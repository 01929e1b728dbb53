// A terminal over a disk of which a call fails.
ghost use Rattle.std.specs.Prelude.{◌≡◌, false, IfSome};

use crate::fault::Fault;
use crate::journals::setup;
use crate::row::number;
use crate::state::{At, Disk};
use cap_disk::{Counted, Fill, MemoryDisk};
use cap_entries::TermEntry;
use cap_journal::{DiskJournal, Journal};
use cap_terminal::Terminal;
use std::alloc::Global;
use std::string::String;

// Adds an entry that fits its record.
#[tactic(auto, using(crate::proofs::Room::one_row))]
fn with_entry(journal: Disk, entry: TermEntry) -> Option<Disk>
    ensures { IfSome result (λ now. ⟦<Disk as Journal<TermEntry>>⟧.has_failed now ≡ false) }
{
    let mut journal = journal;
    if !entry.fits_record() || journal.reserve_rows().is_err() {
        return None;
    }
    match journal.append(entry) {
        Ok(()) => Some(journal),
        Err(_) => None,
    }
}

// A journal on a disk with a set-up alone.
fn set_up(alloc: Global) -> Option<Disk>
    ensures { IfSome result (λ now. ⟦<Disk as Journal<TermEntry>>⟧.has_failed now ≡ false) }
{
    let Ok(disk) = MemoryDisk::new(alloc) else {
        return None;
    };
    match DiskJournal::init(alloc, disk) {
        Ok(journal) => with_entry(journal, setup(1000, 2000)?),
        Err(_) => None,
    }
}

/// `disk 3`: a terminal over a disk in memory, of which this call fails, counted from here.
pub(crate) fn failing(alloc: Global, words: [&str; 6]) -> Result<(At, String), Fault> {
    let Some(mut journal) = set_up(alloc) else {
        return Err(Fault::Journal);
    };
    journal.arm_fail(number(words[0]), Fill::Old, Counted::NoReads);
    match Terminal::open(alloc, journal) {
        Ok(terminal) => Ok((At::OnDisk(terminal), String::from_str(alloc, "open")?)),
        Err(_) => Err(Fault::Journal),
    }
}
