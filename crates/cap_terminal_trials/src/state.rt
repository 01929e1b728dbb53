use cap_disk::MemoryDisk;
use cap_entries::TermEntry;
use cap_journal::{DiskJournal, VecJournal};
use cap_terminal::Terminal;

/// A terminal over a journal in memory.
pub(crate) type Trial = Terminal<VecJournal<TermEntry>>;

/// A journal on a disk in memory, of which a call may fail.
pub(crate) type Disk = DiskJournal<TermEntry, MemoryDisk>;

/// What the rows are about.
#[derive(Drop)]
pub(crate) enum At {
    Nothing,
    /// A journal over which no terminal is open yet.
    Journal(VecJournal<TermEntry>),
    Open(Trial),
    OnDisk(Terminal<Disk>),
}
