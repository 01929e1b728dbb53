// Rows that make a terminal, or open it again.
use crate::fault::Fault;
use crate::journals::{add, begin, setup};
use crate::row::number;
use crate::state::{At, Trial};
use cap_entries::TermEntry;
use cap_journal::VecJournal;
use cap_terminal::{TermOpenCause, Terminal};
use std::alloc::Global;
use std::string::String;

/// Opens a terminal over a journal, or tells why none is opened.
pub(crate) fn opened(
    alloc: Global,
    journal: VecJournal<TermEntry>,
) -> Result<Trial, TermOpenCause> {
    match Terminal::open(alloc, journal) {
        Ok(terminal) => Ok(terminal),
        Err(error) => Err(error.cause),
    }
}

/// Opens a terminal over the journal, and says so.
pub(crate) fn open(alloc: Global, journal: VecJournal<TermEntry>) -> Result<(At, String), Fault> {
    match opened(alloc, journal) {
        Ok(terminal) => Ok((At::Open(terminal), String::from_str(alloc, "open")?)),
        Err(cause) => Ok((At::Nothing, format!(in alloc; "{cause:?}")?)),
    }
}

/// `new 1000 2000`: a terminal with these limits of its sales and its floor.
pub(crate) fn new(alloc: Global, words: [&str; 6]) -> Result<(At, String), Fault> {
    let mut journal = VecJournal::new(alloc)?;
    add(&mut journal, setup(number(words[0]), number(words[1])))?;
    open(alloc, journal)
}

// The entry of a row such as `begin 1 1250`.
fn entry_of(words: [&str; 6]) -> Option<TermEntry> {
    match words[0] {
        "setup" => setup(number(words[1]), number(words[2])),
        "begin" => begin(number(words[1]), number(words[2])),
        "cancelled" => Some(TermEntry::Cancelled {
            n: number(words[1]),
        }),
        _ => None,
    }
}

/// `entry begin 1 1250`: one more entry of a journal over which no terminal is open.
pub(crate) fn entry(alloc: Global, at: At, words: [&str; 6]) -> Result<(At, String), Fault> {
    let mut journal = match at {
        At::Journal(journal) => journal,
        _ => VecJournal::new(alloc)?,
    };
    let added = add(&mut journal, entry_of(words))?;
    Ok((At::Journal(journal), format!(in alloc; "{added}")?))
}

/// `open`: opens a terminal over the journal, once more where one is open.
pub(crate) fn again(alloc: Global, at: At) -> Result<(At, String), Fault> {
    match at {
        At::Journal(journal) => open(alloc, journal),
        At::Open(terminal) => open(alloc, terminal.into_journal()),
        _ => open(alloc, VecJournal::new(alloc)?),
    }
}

━━━━

▸ AIM OF THE TASK
Your answer must be every line from the entries that contains the string "journals", copied as it stands.

▸ RESULT BELOW
use crate::journals::setup;
use crate::journals::{add, begin, setup};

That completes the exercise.